Stored data entries

Segment Open

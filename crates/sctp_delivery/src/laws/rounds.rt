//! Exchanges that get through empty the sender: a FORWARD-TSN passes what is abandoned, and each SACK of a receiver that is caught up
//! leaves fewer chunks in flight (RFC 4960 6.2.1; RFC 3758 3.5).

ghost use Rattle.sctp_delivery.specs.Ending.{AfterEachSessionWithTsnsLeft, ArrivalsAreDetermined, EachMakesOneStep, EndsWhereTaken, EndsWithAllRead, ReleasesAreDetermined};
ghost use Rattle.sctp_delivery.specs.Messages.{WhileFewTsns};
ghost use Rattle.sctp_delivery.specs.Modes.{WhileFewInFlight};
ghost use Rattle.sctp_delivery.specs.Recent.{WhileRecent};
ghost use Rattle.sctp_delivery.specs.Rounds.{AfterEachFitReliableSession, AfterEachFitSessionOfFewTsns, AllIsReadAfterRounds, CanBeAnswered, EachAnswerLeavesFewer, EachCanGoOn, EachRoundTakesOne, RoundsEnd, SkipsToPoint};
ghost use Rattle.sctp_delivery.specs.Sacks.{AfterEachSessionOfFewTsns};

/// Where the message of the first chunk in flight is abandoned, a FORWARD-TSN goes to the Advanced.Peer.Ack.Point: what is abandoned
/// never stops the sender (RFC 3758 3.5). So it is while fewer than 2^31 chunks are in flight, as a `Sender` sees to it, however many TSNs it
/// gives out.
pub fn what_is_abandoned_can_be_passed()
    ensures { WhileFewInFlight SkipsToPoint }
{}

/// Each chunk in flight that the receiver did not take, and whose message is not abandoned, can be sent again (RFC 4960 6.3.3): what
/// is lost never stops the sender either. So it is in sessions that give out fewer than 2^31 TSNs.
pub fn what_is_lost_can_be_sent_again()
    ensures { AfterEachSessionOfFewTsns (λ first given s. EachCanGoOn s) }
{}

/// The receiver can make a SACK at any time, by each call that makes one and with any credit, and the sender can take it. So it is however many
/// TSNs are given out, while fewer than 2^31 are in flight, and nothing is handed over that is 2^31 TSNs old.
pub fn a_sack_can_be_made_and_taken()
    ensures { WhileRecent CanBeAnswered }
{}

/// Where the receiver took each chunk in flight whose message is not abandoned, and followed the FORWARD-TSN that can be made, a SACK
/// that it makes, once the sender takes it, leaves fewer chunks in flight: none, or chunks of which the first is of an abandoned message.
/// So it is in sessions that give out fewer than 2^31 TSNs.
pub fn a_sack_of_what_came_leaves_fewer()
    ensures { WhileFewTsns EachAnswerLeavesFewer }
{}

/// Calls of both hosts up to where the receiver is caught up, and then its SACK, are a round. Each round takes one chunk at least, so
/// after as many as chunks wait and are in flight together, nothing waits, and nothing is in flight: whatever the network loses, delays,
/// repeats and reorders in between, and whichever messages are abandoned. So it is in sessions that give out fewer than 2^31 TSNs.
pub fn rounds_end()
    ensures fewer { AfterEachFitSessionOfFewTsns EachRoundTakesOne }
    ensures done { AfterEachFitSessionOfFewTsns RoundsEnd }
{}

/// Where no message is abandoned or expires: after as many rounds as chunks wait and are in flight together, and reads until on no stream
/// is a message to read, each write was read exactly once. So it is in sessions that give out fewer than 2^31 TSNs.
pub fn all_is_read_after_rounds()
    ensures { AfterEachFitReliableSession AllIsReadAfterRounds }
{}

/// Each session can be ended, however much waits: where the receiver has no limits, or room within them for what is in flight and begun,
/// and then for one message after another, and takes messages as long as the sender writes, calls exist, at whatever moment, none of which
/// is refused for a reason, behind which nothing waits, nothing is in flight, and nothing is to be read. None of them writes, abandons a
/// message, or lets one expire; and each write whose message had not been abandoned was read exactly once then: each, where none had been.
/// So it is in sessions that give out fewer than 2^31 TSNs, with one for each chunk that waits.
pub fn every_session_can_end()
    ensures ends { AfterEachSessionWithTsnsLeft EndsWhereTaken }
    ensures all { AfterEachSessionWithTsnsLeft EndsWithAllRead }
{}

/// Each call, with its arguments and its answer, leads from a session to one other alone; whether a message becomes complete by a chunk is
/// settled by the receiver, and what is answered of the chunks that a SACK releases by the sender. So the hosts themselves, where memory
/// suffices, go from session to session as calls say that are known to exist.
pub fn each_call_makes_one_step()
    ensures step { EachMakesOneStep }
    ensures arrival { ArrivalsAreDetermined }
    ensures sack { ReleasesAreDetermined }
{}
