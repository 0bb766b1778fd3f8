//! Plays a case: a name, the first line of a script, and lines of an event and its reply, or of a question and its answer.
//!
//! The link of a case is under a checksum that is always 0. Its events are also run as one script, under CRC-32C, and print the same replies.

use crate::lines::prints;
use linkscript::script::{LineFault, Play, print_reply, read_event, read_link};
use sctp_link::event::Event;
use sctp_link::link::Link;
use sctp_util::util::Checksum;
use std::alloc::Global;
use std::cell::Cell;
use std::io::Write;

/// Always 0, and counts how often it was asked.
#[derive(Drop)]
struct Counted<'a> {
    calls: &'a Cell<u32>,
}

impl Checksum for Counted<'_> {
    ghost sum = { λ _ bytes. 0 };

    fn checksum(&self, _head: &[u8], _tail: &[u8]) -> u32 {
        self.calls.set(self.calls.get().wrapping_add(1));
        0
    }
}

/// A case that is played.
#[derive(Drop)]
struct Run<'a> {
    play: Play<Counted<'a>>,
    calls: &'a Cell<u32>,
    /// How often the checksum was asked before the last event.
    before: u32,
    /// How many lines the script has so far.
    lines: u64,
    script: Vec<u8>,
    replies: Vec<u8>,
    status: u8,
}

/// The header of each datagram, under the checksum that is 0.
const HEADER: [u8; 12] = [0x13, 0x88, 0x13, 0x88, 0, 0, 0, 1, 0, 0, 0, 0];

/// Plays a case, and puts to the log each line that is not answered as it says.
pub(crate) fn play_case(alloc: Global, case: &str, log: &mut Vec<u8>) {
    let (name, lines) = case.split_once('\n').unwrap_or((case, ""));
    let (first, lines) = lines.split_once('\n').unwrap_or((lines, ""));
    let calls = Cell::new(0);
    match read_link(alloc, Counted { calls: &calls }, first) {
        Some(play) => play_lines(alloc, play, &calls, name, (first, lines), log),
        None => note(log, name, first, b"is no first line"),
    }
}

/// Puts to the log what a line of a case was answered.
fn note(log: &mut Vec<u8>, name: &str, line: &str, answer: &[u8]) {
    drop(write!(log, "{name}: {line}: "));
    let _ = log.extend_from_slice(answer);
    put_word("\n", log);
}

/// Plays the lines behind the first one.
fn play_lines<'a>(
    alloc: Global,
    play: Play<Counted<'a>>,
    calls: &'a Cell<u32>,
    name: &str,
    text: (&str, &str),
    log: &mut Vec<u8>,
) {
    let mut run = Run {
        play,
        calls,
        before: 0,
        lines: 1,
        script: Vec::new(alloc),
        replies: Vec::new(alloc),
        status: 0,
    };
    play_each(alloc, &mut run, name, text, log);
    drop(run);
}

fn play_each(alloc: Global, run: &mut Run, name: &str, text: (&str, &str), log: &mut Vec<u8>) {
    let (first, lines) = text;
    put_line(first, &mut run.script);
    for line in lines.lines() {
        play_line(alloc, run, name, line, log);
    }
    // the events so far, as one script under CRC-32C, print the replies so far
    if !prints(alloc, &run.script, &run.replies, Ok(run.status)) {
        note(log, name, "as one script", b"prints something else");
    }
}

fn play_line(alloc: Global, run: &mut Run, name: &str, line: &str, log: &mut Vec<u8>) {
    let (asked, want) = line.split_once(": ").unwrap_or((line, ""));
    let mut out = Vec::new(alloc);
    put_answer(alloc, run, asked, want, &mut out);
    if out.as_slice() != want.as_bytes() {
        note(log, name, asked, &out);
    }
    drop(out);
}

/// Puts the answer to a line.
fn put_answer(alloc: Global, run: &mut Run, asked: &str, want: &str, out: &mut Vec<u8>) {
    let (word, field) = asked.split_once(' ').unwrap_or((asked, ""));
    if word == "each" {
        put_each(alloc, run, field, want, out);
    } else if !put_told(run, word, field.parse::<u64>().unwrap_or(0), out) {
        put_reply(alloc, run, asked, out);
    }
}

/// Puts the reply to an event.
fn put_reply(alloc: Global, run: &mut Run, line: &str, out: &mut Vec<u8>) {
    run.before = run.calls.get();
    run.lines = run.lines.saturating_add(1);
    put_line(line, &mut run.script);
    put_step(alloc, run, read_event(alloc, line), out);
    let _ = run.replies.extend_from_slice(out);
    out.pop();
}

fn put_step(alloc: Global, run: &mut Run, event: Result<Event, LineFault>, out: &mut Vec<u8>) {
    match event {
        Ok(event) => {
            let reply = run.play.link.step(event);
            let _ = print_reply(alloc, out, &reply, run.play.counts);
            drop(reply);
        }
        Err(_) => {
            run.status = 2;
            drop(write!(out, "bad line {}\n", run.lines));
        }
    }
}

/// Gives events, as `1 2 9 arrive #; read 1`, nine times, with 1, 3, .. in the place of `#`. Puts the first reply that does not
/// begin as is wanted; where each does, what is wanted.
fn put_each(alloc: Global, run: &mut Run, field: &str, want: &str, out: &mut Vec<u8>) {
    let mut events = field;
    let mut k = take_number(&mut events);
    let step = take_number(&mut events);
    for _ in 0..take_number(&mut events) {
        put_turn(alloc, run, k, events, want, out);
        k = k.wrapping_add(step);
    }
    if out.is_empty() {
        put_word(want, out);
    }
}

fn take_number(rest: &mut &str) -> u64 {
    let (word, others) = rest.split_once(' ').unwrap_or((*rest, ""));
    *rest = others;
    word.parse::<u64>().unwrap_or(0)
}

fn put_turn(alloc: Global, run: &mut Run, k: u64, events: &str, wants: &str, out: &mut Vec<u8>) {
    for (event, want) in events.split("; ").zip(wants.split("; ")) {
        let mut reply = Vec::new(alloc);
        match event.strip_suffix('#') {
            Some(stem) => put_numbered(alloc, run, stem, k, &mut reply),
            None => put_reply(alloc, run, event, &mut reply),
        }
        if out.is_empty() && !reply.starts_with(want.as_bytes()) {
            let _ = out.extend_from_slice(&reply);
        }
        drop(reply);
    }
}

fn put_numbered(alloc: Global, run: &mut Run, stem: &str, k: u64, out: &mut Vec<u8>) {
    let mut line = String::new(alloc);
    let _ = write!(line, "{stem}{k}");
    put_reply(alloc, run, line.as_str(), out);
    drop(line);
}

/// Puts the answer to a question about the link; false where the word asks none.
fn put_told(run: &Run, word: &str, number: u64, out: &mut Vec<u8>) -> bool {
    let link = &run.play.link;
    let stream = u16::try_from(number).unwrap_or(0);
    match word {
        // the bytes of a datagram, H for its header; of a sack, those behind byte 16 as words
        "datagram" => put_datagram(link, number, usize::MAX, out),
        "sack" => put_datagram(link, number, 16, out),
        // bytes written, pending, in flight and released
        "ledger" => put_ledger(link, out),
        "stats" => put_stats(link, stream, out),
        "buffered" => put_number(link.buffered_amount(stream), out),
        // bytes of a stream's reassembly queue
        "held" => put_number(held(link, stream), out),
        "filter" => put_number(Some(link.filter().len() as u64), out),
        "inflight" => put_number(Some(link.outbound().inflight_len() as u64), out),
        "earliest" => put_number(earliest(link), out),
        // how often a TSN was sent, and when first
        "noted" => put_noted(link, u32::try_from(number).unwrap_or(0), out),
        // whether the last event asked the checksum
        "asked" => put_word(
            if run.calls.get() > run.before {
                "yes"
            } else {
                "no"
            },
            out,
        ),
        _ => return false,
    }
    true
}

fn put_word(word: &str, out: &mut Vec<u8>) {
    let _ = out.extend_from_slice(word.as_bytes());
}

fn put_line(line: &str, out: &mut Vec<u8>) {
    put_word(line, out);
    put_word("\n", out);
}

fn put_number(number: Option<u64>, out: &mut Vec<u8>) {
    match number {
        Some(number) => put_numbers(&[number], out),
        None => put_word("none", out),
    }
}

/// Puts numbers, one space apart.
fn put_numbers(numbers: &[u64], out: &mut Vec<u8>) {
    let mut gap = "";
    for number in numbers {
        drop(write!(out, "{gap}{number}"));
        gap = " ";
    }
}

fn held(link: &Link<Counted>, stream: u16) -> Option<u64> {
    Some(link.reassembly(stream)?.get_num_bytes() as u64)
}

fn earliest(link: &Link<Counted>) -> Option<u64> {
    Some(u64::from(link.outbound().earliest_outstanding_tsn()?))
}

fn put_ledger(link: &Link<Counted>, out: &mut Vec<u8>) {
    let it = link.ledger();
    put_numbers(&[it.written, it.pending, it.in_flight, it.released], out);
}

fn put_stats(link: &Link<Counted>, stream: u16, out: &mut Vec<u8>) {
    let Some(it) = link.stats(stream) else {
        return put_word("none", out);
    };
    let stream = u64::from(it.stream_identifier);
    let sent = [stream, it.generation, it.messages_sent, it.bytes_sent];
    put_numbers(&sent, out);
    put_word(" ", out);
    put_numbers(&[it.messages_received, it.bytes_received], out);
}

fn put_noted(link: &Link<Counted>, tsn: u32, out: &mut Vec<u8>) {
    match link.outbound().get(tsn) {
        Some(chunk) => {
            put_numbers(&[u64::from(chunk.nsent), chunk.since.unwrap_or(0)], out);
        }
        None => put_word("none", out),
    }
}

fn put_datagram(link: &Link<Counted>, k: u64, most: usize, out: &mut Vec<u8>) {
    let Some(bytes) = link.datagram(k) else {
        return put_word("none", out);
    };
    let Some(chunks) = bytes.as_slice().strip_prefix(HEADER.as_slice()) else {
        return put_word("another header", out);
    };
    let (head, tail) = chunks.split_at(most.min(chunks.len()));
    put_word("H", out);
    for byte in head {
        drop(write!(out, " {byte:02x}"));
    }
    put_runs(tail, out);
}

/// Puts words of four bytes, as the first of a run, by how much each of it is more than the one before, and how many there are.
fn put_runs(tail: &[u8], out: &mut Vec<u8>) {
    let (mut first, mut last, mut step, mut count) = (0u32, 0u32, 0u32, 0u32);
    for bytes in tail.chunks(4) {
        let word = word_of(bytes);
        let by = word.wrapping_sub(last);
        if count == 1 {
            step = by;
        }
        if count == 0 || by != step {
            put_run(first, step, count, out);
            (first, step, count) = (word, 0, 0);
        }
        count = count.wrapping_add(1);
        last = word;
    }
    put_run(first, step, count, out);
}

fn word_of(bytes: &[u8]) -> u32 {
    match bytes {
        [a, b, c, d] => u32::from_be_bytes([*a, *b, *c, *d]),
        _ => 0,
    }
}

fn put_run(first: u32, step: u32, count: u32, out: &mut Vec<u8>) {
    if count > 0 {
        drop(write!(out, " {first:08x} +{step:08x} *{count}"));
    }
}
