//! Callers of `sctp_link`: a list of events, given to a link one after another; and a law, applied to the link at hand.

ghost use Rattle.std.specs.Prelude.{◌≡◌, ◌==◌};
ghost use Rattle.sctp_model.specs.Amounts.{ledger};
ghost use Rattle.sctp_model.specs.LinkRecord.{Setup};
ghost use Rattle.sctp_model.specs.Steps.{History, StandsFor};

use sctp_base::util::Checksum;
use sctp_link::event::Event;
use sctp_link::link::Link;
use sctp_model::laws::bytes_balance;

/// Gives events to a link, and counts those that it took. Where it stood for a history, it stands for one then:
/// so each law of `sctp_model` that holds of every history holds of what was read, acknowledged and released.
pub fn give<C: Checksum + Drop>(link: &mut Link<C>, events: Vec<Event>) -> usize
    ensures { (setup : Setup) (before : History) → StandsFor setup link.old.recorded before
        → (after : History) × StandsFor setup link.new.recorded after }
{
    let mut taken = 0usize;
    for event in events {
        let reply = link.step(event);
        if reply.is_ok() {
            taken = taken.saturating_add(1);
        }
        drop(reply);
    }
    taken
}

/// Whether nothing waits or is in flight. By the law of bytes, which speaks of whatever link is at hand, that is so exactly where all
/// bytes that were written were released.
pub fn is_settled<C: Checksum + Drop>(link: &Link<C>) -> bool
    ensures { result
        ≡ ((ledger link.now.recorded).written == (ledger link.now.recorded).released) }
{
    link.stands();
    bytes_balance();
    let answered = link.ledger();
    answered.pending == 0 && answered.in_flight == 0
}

Segment Closed
Segment Open

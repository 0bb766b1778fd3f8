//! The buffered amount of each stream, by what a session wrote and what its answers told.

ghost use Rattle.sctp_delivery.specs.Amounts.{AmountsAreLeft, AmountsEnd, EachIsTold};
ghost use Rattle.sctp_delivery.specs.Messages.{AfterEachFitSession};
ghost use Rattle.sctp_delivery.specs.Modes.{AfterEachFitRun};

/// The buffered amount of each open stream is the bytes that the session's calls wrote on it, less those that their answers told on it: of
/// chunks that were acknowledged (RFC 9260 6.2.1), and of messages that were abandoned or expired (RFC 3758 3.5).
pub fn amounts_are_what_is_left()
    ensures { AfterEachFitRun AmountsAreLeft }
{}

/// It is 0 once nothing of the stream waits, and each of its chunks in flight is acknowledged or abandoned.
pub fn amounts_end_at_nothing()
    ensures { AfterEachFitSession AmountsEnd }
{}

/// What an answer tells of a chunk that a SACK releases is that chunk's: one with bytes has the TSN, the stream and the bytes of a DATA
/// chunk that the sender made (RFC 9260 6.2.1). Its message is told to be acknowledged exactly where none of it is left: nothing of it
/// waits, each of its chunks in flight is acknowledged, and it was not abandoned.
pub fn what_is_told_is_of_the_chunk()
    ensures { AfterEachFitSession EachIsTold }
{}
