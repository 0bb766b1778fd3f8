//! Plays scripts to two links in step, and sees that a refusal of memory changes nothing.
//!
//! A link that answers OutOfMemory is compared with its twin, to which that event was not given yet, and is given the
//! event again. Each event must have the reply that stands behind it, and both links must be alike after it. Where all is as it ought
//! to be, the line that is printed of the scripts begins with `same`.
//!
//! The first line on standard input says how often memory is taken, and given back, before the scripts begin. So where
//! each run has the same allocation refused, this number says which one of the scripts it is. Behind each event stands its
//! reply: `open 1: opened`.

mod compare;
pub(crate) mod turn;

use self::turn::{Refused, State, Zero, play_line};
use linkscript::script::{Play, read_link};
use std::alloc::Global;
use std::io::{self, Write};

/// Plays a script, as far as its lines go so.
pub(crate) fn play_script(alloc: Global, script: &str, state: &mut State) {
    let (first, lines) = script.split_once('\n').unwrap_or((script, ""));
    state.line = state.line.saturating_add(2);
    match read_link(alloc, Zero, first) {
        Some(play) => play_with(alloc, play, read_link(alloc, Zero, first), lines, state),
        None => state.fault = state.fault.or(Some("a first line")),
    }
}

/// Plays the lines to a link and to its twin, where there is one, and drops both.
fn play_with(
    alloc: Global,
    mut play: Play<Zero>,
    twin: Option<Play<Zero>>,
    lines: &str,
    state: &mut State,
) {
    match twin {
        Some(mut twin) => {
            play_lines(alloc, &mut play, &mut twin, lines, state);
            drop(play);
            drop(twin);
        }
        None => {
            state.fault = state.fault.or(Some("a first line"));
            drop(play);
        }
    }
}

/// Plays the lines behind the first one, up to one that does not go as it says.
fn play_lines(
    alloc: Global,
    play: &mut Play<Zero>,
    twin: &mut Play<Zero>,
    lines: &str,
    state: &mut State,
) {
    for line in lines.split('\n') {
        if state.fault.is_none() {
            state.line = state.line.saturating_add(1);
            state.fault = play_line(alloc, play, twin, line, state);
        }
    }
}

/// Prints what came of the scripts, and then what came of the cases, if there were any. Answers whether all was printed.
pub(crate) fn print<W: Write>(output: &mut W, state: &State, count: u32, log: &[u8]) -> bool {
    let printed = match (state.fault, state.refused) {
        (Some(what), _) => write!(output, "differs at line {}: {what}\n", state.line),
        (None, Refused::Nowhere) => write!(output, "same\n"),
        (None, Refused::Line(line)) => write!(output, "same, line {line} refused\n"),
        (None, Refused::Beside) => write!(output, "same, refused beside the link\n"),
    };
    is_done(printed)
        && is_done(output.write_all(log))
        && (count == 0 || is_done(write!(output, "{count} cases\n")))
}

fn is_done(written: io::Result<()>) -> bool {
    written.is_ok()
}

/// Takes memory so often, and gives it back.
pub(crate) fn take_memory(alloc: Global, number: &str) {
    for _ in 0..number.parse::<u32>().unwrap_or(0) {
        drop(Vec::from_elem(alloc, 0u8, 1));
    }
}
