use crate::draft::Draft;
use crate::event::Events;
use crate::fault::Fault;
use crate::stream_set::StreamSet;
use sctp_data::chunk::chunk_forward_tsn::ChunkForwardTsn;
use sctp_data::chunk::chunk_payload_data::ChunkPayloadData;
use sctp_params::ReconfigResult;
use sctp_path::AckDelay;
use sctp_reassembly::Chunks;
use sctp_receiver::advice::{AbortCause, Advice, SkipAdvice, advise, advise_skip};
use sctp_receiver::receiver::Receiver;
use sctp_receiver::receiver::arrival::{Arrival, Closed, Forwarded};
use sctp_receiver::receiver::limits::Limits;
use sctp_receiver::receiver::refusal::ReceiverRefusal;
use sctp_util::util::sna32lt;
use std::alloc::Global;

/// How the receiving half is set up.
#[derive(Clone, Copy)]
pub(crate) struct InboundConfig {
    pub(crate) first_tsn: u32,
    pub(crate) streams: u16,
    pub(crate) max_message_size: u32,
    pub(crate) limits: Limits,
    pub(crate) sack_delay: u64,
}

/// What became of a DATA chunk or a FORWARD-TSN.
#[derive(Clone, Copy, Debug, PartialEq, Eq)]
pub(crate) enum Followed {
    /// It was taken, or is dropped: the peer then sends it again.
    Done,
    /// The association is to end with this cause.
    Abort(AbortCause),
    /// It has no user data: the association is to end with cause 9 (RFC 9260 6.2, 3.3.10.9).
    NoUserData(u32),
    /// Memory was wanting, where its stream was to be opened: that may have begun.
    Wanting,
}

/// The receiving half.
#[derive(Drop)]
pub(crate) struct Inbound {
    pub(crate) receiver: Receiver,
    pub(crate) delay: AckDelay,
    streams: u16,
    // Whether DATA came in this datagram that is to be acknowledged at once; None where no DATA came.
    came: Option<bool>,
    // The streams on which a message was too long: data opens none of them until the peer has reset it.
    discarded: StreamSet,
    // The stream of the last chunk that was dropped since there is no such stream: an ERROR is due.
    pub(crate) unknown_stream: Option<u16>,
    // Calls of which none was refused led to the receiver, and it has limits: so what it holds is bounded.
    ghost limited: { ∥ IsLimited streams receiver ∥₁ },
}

Segment Closed

Assigned task –
Only lines that include "AbortCause" belong in the answer; return them from the entries above.

Response to this exercise –
use sctp_receiver::advice::{AbortCause, Advice, SkipAdvice, advise, advise_skip};
    Abort(AbortCause),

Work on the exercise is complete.